Problem requirements:
Would you please set down the lines of the data from the one containing "self.old (with_lowered (is_at" to the final line, exactly and only those?

Supplied records:
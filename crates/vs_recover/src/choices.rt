// Which text is recovered, or which swap file is salvaged.
ghost use Rattle.std.specs.Prelude.{◌≡◌, ◌≢◌, ◌+◌, IfOk, IsTrue, Err};
ghost use Rattle.vs_host.specs.World.{content_of};
ghost use Rattle.vs_recover.specs.Choices.{IsChoice, IsFound, root_chosen};
ghost use Rattle.vs_recover.specs.Reading.{ReadsAtMost, blocks_at};

use crate::error::error_of;
use crate::newest::{find_opening, read_newer};
use crate::roots::{Root, Roots, read_roots};
use crate::{Fault, FileText, RecErr};
use std::alloc::Global;
use vs_host::{Folder, Names};

/// One of the two swap files.
#[derive(Clone, Copy, Debug, PartialEq, Eq)]
pub enum Swap {
    /// `.NAME.swp`.
    Swp,
    /// `.NAME.swo`.
    Swo,
}

// The file to salvage of two, or why there is none.
fn choose_root(first: Root, second: Root) -> Result<Swap, RecErr>
    ensures value { result ≡ root_chosen first second }
    ensures failed { result ≢ Err RecErr.Failed }
{
    match (first, second) {
        (Root::Tree, _) => Ok(Swap::Swp),
        (_, Root::Tree) => Ok(Swap::Swo),
        (Root::Absent, Root::Absent) => Err(RecErr::NoSwap),
        (Root::Encrypted, _) | (_, Root::Encrypted) => Err(RecErr::Encrypted),
        (Root::NoTree, _) | (_, Root::NoTree) => Err(RecErr::NotTree),
        _ => Err(RecErr::NotSwap),
    }
}

/// What a user gets: the text of a file that stands, or a file to salvage.
#[derive(Debug, Drop)]
pub enum Chosen {
    /// A file stands: its text, with the format.
    Text(FileText),
    /// None stands, and page 0 and block 1 of this one read.
    Salvage(Swap),
}

/// What the two swap files give.
#[derive(Drop)]
pub enum Found {
    /// One of them stands.
    Text(FileText),
    /// Neither stands.
    Roots(Roots),
}

// The text of the newer file that stands, or else what page 0 and block 1 of both files read as.
fn find<F: Folder>(alloc: Global, host: &mut F, swp: &str, swo: &str) -> Result<Found, Fault>
    ensures found { IfOk result (λ found. IsTrue F.tells.folder
        → IsFound (content_of (F.scene host.old) swp.now) (content_of (F.scene host.old) swo.now) found) }
    ensures reading { ReadsAtMost F.tells result Fault.Failed (F.scene host.old) (F.scene host.new)
        (8 + blocks_at (F.scene host.old) swp.now + blocks_at (F.scene host.old) swo.now) }
{
    let first = find_opening(alloc, host, swp)?;
    let second = find_opening(alloc, host, swo)?;
    if let Some(text) = read_newer(alloc, host, swp, &first, swo, &second)? {
        return Ok(Found::Text(text));
    }
    let roots = read_roots(alloc, host, swp, &first, swo, &second)?;
    Ok(Found::Roots(roots))
}

// The text of the newer file that stands, or else the first file whose page 0 and block 1 read.
fn choose_of<F: Folder>(alloc: Global, host: &mut F, swp: &str, swo: &str) -> Result<Chosen, RecErr>
    ensures answer { IsTrue F.tells.folder → IsChoice (content_of (F.scene host.old) swp.now) (content_of (F.scene host.old) swo.now) result }
    ensures reading { ReadsAtMost F.tells result RecErr.Failed (F.scene host.old) (F.scene host.new)
        (8 + blocks_at (F.scene host.old) swp.now + blocks_at (F.scene host.old) swo.now) }
{
    let found = match find(alloc, host, swp, swo) {
        Ok(found) => found,
        Err(fault) => return Err(error_of(fault)),
    };
    match found {
        Found::Text(text) => Ok(Chosen::Text(text)),
        Found::Roots(roots) => match choose_root(roots.swp, roots.swo) {
            Ok(which) => Ok(Chosen::Salvage(which)),
            Err(why) => Err(why),
        },
    }
}

/// What a user gets from the two swap files: docs/FORMATS.md, "What a swap file stands for". The folder is only read,
/// with at most four calls for each of the two names and one for each page that follows page 0 of its file.
pub fn choose<F: Folder>(alloc: Global, host: &mut F, names: &Names) -> Result<Chosen, RecErr>
    ensures answer { IsTrue F.tells.folder → IsChoice (content_of (F.scene host.old) names.now.swp) (content_of (F.scene host.old) names.now.swo) result }
    ensures reading { ReadsAtMost F.tells result RecErr.Failed (F.scene host.old) (F.scene host.new)
        (8 + blocks_at (F.scene host.old) names.now.swp + blocks_at (F.scene host.old) names.now.swo) }
{
    choose_of(alloc, host, names.swp.as_str(), names.swo.as_str())
}
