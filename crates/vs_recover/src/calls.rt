// The calls on the folder that recovery makes. None of them changes it.
ghost use Rattle.std.specs.Prelude.{◌≡◌, ◌≤◌, ◌+◌, ℕ, List, IfOk, OnOk, IsTrue, IsSome, is_some, length, take, drop};
ghost use Rattle.vs_host.specs.World.{content_of};
ghost use Rattle.vs_recover.specs.Files.{IsFile};
ghost use Rattle.vs_recover.specs.Reading.{IsThere, ReadsAtMost};

use crate::Fault;
use vs_host::Folder;

/// Whether a file stands under the name.
pub fn has_file<F: Folder>(host: &mut F, name: &str) -> Result<bool, Fault>
    ensures value { IfOk result (λ there. IsTrue F.tells.folder → there ≡ is_some (content_of (F.scene host.old) name.now)) }
    ensures reading { ReadsAtMost F.tells result Fault.Failed (F.scene host.old) (F.scene host.new) 1 }
{
    let there = host.has(name)?;
    Ok(there)
}

/// The number of bytes of the file.
pub fn file_len<F: Folder>(host: &mut F, name: &str) -> Result<u64, Fault>
    requires there { IsTrue F.tells.folder → IsSome (content_of (F.scene host.old) name.now) }
    ensures value { IfOk result (λ len. IsThere F.tells (F.scene host.old) name.now (λ file. len ≡ length file)) }
    ensures reading { ReadsAtMost F.tells result Fault.Failed (F.scene host.old) (F.scene host.new) 1 }
{
    let len = host.len(name)?;
    Ok(len)
}

/// Fills `into` with the bytes of the file from the place `at` on, counted from 0.
pub fn read_part<F: Folder>(host: &mut F, name: &str, at: u64, into: &mut [u8]) -> Result<(), Fault>
    requires inside { IsThere F.tells (F.scene host.old) name.now (λ file. at + length into.old ≤ length file) }
    ensures value { OnOk result ((file : List ℕ) → IsFile F.tells (F.scene host.old) name.now file → into.new ≡ take (length into.old) (drop at file)) }
    ensures reading { ReadsAtMost F.tells result Fault.Failed (F.scene host.old) (F.scene host.new) 1 }
{
    host.read_at(name, at, into)?;
    Ok(())
}
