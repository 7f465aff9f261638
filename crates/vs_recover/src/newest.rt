// The text of the newer of two swap files that stand.
ghost use Rattle.std.specs.Prelude.{◌≡◌, ◌+◌, IfOk, IsTrue};
ghost use Rattle.vs_host.specs.World.{content_of};
ghost use Rattle.vs_recover.specs.Choices.{AreSized, IsOpening, IsStanding, Recovers, StandsInTurn, generation_in, generation_of, is_newer, text_of};
ghost use Rattle.vs_recover.specs.Reading.{ReadsAtMost, blocks_at};

use crate::calls::has_file;
use crate::image::{Image, Opening, read_open, read_opening};
use crate::{Fault, FileText};
use std::alloc::Global;
use vs_host::Folder;
use vs_zero::Zero;

/// The length of a file and what its page 0 reads as, where the file is there.
pub fn find_opening<F: Folder>(
    alloc: Global,
    host: &mut F,
    name: &str,
) -> Result<Option<Opening>, Fault>
    ensures opening { IfOk result (λ found. IsTrue F.tells.folder → IsOpening (content_of (F.scene host.old) name.now) found) }
    ensures sized { IfOk result AreSized }
    ensures reading { ReadsAtMost F.tells result Fault.Failed (F.scene host.old) (F.scene host.new) 3 }
{
    if !has_file(host, name)? {
        return Ok(None);
    }
    let opening = read_opening(alloc, host, name)?;
    Ok(Some(opening))
}

// The generation that page 0 says, where pages have 4,096 bytes.
fn generation_in(zero: &Zero) -> Option<u64>
    ensures { result ≡ generation_in zero.now }
{
    if zero.page_size != 4096 {
        return None;
    }
    let Some(pair) = zero.pair else {
        return None;
    };
    Some(pair.generation)
}

// The generation that a file has if it stands.
fn generation_of(opening: &Option<Opening>) -> Option<u64>
    ensures { result ≡ generation_of opening.now }
{
    let Some(opening) = opening else {
        return None;
    };
    match opening.zero {
        Ok(zero) => generation_in(&zero),
        Err(_why) => None,
    }
}

// Whether the second of two generations is the greater one.
fn is_newer(first: Option<u64>, second: Option<u64>) -> bool
    ensures { result ≡ is_newer first second }
{
    match (first, second) {
        (Some(first), Some(second)) => first < second,
        (None, Some(_)) => true,
        (_, None) => false,
    }
}

// The text of a file that stands.
fn text_of(image: Image) -> Option<FileText>
    ensures { result ≡ text_of image }
{
    match image {
        Image::Standing {
            generation: _,
            text,
        } => Some(text),
        Image::Open { .. } | Image::Closed | Image::Encrypted | Image::NoSwapFile => None,
    }
}

// The text of a file whose page 0 was read, where it stands.
fn read_text<F: Folder>(
    alloc: Global,
    host: &mut F,
    name: &str,
    opening: &Option<Opening>,
) -> Result<Option<FileText>, Fault>
    requires opening { IsTrue F.tells.folder → IsOpening (content_of (F.scene host.old) name.now) opening.now }
    ensures text { IfOk result (λ found. IsTrue F.tells.folder → IsStanding (content_of (F.scene host.old) name.now) found) }
    ensures reading { ReadsAtMost F.tells result Fault.Failed (F.scene host.old) (F.scene host.new) (blocks_at (F.scene host.old) name.now) }
{
    let Some(opening) = opening else {
        return Ok(None);
    };
    match opening.zero {
        Err(_why) => Ok(None),
        Ok(zero) => {
            let image = read_open(alloc, host, name, opening.len, &zero)?;
            Ok(text_of(image))
        }
    }
}

// The text of the first file where it stands, and else that of the second one.
fn read_in_turn<F: Folder>(
    alloc: Global,
    host: &mut F,
    first: &str,
    first_opening: &Option<Opening>,
    second: &str,
    second_opening: &Option<Opening>,
) -> Result<Option<FileText>, Fault>
    requires first { IsTrue F.tells.folder → IsOpening (content_of (F.scene host.old) first.now) first_opening.now }
    requires second { IsTrue F.tells.folder → IsOpening (content_of (F.scene host.old) second.now) second_opening.now }
    ensures text { IfOk result (λ found. IsTrue F.tells.folder
        → StandsInTurn (content_of (F.scene host.old) first.now) (content_of (F.scene host.old) second.now) found) }
    ensures reading { ReadsAtMost F.tells result Fault.Failed (F.scene host.old) (F.scene host.new)
        (blocks_at (F.scene host.old) first.now + blocks_at (F.scene host.old) second.now) }
{
    if let Some(text) = read_text(alloc, host, first, first_opening)? {
        return Ok(Some(text));
    }
    let other = read_text(alloc, host, second, second_opening)?;
    Ok(other)
}

/// The text of the newer of two swap files that stand, and of the first at a tie; None where neither stands. The file of the greater
/// generation is read first, so only one text at a time is in memory.
pub fn read_newer<F: Folder>(
    alloc: Global,
    host: &mut F,
    swp: &str,
    swp_opening: &Option<Opening>,
    swo: &str,
    swo_opening: &Option<Opening>,
) -> Result<Option<FileText>, Fault>
    requires swp { IsTrue F.tells.folder → IsOpening (content_of (F.scene host.old) swp.now) swp_opening.now }
    requires swo { IsTrue F.tells.folder → IsOpening (content_of (F.scene host.old) swo.now) swo_opening.now }
    ensures text { IfOk result (λ found. IsTrue F.tells.folder
        → Recovers (content_of (F.scene host.old) swp.now) (content_of (F.scene host.old) swo.now) found) }
    ensures reading { ReadsAtMost F.tells result Fault.Failed (F.scene host.old) (F.scene host.new)
        (blocks_at (F.scene host.old) swp.now + blocks_at (F.scene host.old) swo.now) }
{
    if is_newer(generation_of(swp_opening), generation_of(swo_opening)) {
        let found = read_in_turn(alloc, host, swo, swo_opening, swp, swp_opening)?;
        return Ok(found);
    }
    let found = read_in_turn(alloc, host, swp, swp_opening, swo, swo_opening)?;
    Ok(found)
}
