// The index of a log over a pool of packed entries.
ghost use Rattle.std.specs.Prelude.{◌≡◌, ◌<◌, ◌≤◌, ◌↔◌, [], ◌∷◌, IfOk, IsErr, IsTrue, None, OnOk, OnErr, length, count_by, slice_get};
ghost use Rattle.std.specs.List.{last_or};

use crate::entries_of::{EntriesOf, entries_in, entry_of};
use crate::entry::Entry;
use crate::entry_test::{EntryTest, HasTag, LiesAt};
use crate::index_full::IndexFull;
use crate::place::Place;
use crate::rows::{lies_on, row_at, row_behind, row_behind_in, row_in};
use entry_pool::{EntryPool, NONE, PoolItem, Row};
use record_pages::Prediction;
use std::alloc::{AllocError, Global};
use std::marker::Model;

/// The live records of a log. All memory is taken when it is opened.
#[derive(Drop)]
pub struct LogIndex {
    pool: EntryPool,
}

/// Its entries, newest first. No two lie at one place.
impl Model for LogIndex {
    ghost use Rattle.klog_index.specs.Entries.{Entries};
    ghost use Rattle.klog_index.specs.Rows.{index_of, RowsApart};

    ghost Value = { Entries };

    ghost view = { λ x. index_of x.pool };

    ghost invariant = { λ x. RowsApart x.pool.rows };
}

ghost use Rattle.klog_index.specs.Entries.{Entries, with_entries, without, with_lowered, of_set, of_tag, is_of, is_of_any, passes_of, has_tag, is_at, is_in, is_on, IsFree, AreApart};
ghost use Rattle.klog_index.specs.First.{FindsFirst, oldest_but};

impl LogIndex {
    /// An index with no entry, of this many sets, for this many entries. All memory is taken here.
    pub fn open(alloc: Global, sets: u32, entries: u32) -> Result<Self, AllocError>
        requires sets { sets ≤ 65536 }
        requires entries { entries ≤ 1048576 }
        ensures { IfOk result (λ x. x ≡ record { sets = sets; limit = entries; entries = [] }) }
    {
        Ok(LogIndex {
            pool: EntryPool::open(alloc, sets, entries)?,
        })
    }

    /// How many entries there are.
    pub fn len(&self) -> usize
        ensures len { result ≡ length self.now.entries }
        ensures within { length self.now.entries ≤ self.now.limit }
        ensures apart { AreApart self.now.entries }
    {
        self.pool.len()
    }

    /// Whether there are no entries.
    pub fn is_empty(&self) -> bool
        ensures { IsTrue result ↔ (self.now.entries ≡ []) }
    {
        self.pool.len() == 0
    }

    /// Whether `add` would be refused.
    pub fn is_full(&self) -> bool
        ensures { IsTrue result ↔ (length self.now.entries ≡ self.now.limit) }
    {
        self.pool.len() == self.pool.limit()
    }

    /// Adds the entry of a new record before the others, or leaves all as it was if the index is full.
    pub fn add(
        &mut self,
        set: u32,
        tag: u16,
        place: Place,
        prediction: Prediction,
    ) -> Result<(), IndexFull>
        requires set { set < self.old.sets }
        requires segment { place.segment < 258 }
        requires page { place.page < 64 }
        requires slot { place.slot < 64 }
        requires free { IsFree place self.old.entries }
        ensures full { IsErr result ↔ (length self.old.entries ≡ self.old.limit) }
        ensures ok { OnOk result (self.new ≡ with_entries self.old
            (record { set = set; tag = tag; place = place; prediction = prediction }
            ∷ self.old.entries)) }
        ensures err { OnErr result (self.new ≡ self.old) }
    {
        if self.pool.len() == self.pool.limit() {
            return Err(IndexFull);
        }
        let Place {
            segment,
            page,
            slot,
        } = place;
        let _number = self.pool.push(PoolItem {
            set,
            tag,
            segment,
            page,
            slot,
            prediction,
        });
        Ok(())
    }

    /// Of the entries of a set with a tag, the one this many places after the newest.
    pub fn find(&self, set: u32, tag: u16, skip: usize) -> Option<Entry>
        ensures { result ≡ slice_get (of_tag set tag self.now.entries) skip }
    {
        let mut ahead = skip;
        let mut left = self.entries_of(set);
        while let Some(entry) = left.next() {
            if entry.tag == tag {
                if ahead == 0 {
                    return Some(entry);
                }
                ahead -= 1;
            }
        }
        None
    }

    /// Of the entries of a set, the one this many places after the newest.
    pub fn of_set(&self, set: u32, skip: usize) -> Option<Entry>
        ensures { result ≡ slice_get (of_set set self.now.entries) skip }
    {
        self.entries_of(set).nth(skip)
    }

    /// The entries of a set, newest first.
    pub fn entries_of(&self, set: u32) -> EntriesOf<'_>
        ensures { result ≡ of_set set self.now.entries }
    {
        entries_in(self.pool.in_set(set))
    }

    /// The oldest entry.
    pub fn oldest(&self) -> Option<Entry>
        ensures { result ≡ last_or None self.now.entries }
    {
        match self.pool.oldest() {
            Some(row) => Some(entry_of(&row.item)),
            None => None,
        }
    }

    /// How many entries a set has.
    pub fn count(&self, set: u32) -> usize
        ensures { result ≡ count_by (is_of set) self.now.entries }
    {
        let _count = self.len();
        self.entries_of(set).count()
    }

    /// From the oldest entry on, as far as they are of the segment with this name, the first that is of none of these
    /// sets. There is none if the oldest entry is of another segment, or all of this one are of these sets.
    ///
    /// Walks along the entries of the segment that are passed over, and looks at one more.
    pub fn oldest_but(&self, segment: u16, sets: &[u32]) -> Option<Entry>
        ensures { result ≡ oldest_but segment sets.now self.now.entries }
    {
        let mut left = self.pool.from_oldest();
        while let Some(row) = left.next() {
            if row.item.segment != segment {
                return None;
            }
            if !sets.contains(&row.item.set) {
                return Some(entry_of(&row.item));
            }
        }
        None
    }

    /// Of the entries of the segment with this name that are of none of these sets, the one of least page, then slot.
    ///
    /// Walks along all entries.
    pub fn first_of(&self, segment: u16, sets: &[u32]) -> Option<Entry>
        ensures { FindsFirst segment (without (is_of_any sets.now) self.now.entries) result }
    {
        let mut first = None;
        for row in self.pool.by_age() {
            let entry = entry_of(&row.item);
            if !sets.contains(&entry.set) {
                first = first_with(segment, first, &entry);
            }
        }
        first
    }

    /// Drops the entries of a set with a tag.
    pub fn drop_tag(&mut self, set: u32, tag: u16)
        ensures { self.new ≡ with_entries self.old (without (has_tag set tag) self.old.entries) }
    {
        self.drop_passing(set, &HasTag { tag });
    }

    /// Drops the entries of a set that pass a test, in one walk along the set's entries.
    pub fn drop_passing<T: EntryTest>(&mut self, set: u32, test: &T)
        ensures { self.new ≡ with_entries self.old
            (without (passes_of set (T.passing test.now)) self.old.entries) }
    {
        let mut mark = NONE;
        while let Some(row) = row_behind_in(&self.pool, set, mark) {
            if test.passes(&entry_of(&row.item)) {
                self.pool.remove_next(mark, &row);
            } else {
                mark = row.at;
            }
        }
    }

    /// Drops the entry at a place, if there is one.
    pub fn drop_at(&mut self, place: Place)
        ensures { self.new ≡ with_entries self.old (without (is_at place) self.old.entries) }
    {
        while let Some(row) = row_at(&self.pool, place) {
            self.pool.remove(row.at);
        }
    }

    /// Drops the entry of a set at a place, if there is one.
    pub fn drop_in(&mut self, set: u32, place: Place)
        ensures { self.new ≡ with_entries self.old (without (is_in set place) self.old.entries) }
    {
        self.drop_passing(set, &LiesAt { place });
    }

    /// Drops the entries of a page of the segment with this name, in one walk along all entries.
    pub fn drop_page(&mut self, segment: u16, page: u8)
        ensures { self.new ≡ with_entries self.old (without (is_on segment page) self.old.entries) }
    {
        let mut mark = NONE;
        while let Some(row) = row_behind(&self.pool, mark) {
            if lies_on(&row, segment, page) {
                self.pool.remove(row.at);
            } else {
                mark = row.at;
            }
        }
    }

    /// Lowers the prediction of the entry at a place, if there is one, by one, not below 0.
    pub fn lower(&mut self, place: Place)
        ensures { self.new ≡ with_entries self.old (with_lowered (is_at place) self.old.entries) }
    {
        if let Some(row) = row_at(&self.pool, place) {
            lower_one(&mut self.pool, row);
        }
    }

    /// Lowers the prediction of the entry of a set at a place, if there is one, by one, not below 0.
    pub fn lower_in(&mut self, set: u32, place: Place)
        ensures { self.new
            ≡ with_entries self.old (with_lowered (is_in set place) self.old.entries) }
    {
        if let Some(row) = row_in(&self.pool, set, place) {
            lower_one(&mut self.pool, row);
        }
    }
}

ghost use Rattle.std.specs.Prelude.{◌-◌, Option, List, ℕ, ◌++◌};
ghost use Rattle.entry_pool.specs.Rows.{IsHeld, with_rows, with_prediction_at};

// Lowers the prediction of one row.
fn lower_one(pool: &mut EntryPool, row: Row)
    requires { IsHeld row.at pool.old.rows }
    ensures { pool.new
        ≡ with_rows pool.old (with_prediction_at row.at (row.item.prediction - 1) pool.old.rows) }
{
    pool.set_prediction(row.at, sooner(row.item.prediction));
}

// A prediction one less, and not below 0.
fn sooner(prediction: Prediction) -> Prediction
    ensures { result ≡ prediction - 1 }
{
    let number = prediction.get();
    Prediction::new(number.saturating_sub(1)).unwrap()
}

// The first of a segment among some entries, of which the first was known, and another one.
fn first_with(segment: u16, first: Option<Entry>, entry: &Entry) -> Option<Entry>
    ensures { (es : List Entry) → FindsFirst segment es first →
        FindsFirst segment (es ++ entry.now ∷ []) result }
{
    if entry.place.segment != segment {
        return first;
    }
    match first {
        Some(e) => Some(if is_before(entry.place, e.place) {
            *entry
        } else {
            e
        }),
        None => Some(*entry),
    }
}

ghost use Rattle.klog_index.specs.First.{IsBefore};

// Whether a place lies on an earlier page, or before another one on the same page.
fn is_before(place: Place, other: Place) -> bool
    ensures { IsTrue result ↔ IsBefore place other }
{
    place.page < other.page || (place.page == other.page && place.slot < other.slot)
}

Final answer:
        ensures { self.new ≡ with_entries self.old (with_lowered (is_at place) self.old.entries) }
    {
        if let Some(row) = row_at(&self.pool, place) {
            lower_one(&mut self.pool, row);
        }
    }

    /// Lowers the prediction of the entry of a set at a place, if there is one, by one, not below 0.
    pub fn lower_in(&mut self, set: u32, place: Place)
        ensures { self.new
            ≡ with_entries self.old (with_lowered (is_in set place) self.old.entries) }
    {
        if let Some(row) = row_in(&self.pool, set, place) {
            lower_one(&mut self.pool, row);
        }
    }
}

ghost use Rattle.std.specs.Prelude.{◌-◌, Option, List, ℕ, ◌++◌};
ghost use Rattle.entry_pool.specs.Rows.{IsHeld, with_rows, with_prediction_at};

// Lowers the prediction of one row.
fn lower_one(pool: &mut EntryPool, row: Row)
    requires { IsHeld row.at pool.old.rows }
    ensures { pool.new
        ≡ with_rows pool.old (with_prediction_at row.at (row.item.prediction - 1) pool.old.rows) }
{
    pool.set_prediction(row.at, sooner(row.item.prediction));
}

// A prediction one less, and not below 0.
fn sooner(prediction: Prediction) -> Prediction
    ensures { result ≡ prediction - 1 }
{
    let number = prediction.get();
    Prediction::new(number.saturating_sub(1)).unwrap()
}

// The first of a segment among some entries, of which the first was known, and another one.
fn first_with(segment: u16, first: Option<Entry>, entry: &Entry) -> Option<Entry>
    ensures { (es : List Entry) → FindsFirst segment es first →
        FindsFirst segment (es ++ entry.now ∷ []) result }
{
    if entry.place.segment != segment {
        return first;
    }
    match first {
        Some(e) => Some(if is_before(entry.place, e.place) {
            *entry
        } else {
            e
        }),
        None => Some(*entry),
    }
}

ghost use Rattle.klog_index.specs.First.{IsBefore};

// Whether a place lies on an earlier page, or before another one on the same page.
fn is_before(place: Place, other: Place) -> bool
    ensures { IsTrue result ↔ IsBefore place other }
{
    place.page < other.page || (place.page == other.page && place.slot < other.slot)
}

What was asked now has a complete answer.